Top of Material provided

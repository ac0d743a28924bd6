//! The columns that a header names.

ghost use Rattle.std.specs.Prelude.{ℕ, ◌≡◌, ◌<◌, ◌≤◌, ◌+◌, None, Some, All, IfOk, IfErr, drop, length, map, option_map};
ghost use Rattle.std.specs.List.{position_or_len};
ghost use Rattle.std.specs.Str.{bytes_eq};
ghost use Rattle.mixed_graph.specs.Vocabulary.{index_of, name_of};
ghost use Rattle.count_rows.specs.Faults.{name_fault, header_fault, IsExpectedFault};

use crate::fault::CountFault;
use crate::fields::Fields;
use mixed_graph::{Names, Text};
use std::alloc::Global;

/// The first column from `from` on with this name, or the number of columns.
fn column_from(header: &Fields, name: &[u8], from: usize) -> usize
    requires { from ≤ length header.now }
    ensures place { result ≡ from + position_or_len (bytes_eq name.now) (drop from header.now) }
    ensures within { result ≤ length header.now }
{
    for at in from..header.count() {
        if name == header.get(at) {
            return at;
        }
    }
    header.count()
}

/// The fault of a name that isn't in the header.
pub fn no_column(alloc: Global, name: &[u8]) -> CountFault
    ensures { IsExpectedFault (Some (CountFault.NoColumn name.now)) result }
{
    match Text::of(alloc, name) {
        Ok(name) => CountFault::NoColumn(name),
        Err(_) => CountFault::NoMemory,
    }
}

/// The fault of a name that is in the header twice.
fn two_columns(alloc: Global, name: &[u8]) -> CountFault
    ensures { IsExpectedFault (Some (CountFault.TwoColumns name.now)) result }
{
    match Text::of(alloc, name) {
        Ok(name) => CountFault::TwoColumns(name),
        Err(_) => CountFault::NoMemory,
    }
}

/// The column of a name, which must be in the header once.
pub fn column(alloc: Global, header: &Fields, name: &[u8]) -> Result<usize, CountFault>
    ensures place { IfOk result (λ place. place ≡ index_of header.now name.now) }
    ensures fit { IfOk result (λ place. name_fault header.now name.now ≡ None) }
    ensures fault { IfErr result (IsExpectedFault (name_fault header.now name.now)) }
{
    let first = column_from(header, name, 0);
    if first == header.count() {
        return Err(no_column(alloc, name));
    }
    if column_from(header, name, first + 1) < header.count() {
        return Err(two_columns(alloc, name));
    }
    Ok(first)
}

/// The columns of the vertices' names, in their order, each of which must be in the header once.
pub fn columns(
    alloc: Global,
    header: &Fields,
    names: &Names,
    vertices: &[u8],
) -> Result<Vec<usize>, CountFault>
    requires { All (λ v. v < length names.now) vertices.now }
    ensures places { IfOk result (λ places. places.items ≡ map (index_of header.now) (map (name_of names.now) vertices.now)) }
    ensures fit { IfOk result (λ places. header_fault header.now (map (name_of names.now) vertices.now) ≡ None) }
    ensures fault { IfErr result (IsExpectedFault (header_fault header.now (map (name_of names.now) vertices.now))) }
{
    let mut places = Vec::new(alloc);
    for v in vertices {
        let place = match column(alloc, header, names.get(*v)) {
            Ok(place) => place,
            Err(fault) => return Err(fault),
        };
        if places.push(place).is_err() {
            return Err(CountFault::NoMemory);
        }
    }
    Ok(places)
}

Bottom of Material provided
Top of Material provided

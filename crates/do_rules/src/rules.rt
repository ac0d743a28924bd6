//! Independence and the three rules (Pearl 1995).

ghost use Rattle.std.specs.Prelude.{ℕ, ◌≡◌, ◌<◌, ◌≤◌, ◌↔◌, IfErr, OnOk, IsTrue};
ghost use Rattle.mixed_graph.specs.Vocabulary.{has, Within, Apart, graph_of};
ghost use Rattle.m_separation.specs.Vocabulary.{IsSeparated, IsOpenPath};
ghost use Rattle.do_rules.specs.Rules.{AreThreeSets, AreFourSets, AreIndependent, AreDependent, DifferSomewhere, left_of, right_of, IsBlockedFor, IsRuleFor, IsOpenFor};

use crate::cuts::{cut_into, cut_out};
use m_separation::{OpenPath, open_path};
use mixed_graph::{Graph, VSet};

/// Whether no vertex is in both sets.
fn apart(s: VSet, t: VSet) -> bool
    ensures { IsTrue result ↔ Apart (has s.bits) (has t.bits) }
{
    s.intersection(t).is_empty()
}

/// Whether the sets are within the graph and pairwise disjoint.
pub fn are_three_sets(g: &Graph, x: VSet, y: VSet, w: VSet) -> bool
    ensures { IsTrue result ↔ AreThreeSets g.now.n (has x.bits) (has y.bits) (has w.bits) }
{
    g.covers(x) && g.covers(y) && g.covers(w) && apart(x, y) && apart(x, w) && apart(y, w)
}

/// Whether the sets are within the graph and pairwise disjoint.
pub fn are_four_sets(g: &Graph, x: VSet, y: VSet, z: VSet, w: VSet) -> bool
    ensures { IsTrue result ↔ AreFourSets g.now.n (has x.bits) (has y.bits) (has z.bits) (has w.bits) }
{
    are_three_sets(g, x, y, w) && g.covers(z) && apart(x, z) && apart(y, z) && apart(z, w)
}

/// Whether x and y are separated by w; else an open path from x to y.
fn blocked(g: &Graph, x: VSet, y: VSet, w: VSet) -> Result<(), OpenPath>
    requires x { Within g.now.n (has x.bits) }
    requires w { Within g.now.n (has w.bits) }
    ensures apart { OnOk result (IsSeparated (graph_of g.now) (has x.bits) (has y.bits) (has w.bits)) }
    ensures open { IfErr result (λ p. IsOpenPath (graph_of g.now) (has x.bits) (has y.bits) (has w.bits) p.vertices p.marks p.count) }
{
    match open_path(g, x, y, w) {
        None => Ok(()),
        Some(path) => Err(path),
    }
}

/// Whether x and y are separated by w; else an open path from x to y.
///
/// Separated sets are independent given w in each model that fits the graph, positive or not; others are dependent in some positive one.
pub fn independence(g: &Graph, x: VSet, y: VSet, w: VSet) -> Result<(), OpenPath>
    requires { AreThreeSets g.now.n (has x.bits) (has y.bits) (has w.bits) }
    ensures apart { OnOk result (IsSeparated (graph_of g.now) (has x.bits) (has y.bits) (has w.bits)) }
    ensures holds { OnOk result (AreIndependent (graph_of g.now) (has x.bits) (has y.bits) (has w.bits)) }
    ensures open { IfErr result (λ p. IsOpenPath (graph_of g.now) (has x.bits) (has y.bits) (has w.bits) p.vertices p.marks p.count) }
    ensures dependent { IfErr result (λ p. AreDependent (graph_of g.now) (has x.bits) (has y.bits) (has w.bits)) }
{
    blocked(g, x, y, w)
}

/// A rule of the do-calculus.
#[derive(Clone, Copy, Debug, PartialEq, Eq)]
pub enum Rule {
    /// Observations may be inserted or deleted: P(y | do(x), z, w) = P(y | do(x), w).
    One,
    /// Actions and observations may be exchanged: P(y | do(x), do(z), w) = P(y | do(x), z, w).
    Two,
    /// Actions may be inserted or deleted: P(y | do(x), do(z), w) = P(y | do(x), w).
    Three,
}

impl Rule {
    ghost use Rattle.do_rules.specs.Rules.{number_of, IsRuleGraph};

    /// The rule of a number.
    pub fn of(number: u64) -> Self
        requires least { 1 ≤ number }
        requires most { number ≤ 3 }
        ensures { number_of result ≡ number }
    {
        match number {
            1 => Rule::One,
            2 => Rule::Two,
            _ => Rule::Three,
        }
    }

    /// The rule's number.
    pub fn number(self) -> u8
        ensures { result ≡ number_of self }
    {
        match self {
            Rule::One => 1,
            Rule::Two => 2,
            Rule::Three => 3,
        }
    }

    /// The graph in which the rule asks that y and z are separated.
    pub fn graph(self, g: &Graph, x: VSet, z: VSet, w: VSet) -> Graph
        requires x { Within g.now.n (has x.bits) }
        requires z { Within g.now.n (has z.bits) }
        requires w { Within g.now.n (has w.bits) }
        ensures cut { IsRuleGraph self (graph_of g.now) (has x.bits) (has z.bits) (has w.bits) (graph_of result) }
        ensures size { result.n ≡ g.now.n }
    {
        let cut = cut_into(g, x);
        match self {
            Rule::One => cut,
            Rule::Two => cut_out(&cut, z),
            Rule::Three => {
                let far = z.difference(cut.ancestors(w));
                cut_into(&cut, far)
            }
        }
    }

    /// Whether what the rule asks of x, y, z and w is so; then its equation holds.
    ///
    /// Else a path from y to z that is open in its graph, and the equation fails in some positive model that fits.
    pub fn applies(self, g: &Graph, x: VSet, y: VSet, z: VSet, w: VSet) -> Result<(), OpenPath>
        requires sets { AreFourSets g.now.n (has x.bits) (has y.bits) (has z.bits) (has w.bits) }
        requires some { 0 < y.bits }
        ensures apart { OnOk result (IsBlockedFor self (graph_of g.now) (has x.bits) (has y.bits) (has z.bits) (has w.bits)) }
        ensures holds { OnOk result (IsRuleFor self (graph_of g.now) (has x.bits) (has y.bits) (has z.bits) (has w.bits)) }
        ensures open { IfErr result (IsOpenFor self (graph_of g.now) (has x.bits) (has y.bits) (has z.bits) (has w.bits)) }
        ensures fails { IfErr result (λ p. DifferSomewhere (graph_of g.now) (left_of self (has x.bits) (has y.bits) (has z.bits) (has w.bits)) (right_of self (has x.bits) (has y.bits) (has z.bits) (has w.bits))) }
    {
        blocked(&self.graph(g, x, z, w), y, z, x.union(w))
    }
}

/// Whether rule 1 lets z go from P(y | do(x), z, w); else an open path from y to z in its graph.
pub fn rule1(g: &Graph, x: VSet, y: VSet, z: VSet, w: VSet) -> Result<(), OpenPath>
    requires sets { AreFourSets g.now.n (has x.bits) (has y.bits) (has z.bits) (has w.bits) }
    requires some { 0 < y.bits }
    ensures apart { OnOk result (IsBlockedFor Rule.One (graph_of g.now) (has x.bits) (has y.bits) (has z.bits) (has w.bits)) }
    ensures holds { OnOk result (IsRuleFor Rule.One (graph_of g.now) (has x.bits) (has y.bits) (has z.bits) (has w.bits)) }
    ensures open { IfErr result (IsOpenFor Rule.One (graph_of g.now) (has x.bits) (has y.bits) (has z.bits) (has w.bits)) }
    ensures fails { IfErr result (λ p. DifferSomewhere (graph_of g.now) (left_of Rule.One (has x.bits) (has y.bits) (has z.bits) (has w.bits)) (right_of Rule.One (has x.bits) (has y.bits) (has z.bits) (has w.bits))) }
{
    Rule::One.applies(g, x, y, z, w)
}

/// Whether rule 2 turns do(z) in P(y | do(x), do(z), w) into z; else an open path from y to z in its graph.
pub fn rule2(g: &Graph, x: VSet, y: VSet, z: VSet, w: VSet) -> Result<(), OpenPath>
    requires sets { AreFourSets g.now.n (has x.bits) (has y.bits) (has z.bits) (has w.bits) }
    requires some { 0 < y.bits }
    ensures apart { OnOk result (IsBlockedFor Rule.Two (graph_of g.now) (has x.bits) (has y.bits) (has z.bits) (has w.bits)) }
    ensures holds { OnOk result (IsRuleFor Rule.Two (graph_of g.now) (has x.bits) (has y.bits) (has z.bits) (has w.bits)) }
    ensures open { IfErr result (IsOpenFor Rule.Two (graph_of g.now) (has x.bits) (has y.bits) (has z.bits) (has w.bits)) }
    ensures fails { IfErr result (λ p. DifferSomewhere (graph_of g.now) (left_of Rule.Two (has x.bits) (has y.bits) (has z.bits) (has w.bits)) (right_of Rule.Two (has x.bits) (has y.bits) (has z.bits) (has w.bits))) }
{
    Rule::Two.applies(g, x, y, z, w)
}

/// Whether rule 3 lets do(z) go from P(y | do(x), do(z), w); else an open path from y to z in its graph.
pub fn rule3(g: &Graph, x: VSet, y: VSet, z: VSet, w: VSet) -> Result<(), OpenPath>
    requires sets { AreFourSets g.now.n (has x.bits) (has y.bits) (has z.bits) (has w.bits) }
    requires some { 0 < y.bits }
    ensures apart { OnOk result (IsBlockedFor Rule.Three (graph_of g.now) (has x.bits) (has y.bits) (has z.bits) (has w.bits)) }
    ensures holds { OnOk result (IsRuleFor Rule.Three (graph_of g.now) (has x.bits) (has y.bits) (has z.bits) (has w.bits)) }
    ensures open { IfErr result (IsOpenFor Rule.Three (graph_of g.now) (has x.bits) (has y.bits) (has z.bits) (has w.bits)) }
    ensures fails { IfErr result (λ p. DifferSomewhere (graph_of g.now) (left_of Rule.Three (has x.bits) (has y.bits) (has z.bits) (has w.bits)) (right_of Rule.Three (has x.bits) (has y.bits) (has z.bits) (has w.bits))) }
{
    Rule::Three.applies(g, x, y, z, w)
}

Bottom of Material provided

Problem details:
Go through the material and copy every line in which the word "bool" occurs.

Result:
fn apart(s: VSet, t: VSet) -> bool
pub fn are_three_sets(g: &Graph, x: VSet, y: VSet, w: VSet) -> bool
pub fn are_four_sets(g: &Graph, x: VSet, y: VSet, z: VSet, w: VSet) -> bool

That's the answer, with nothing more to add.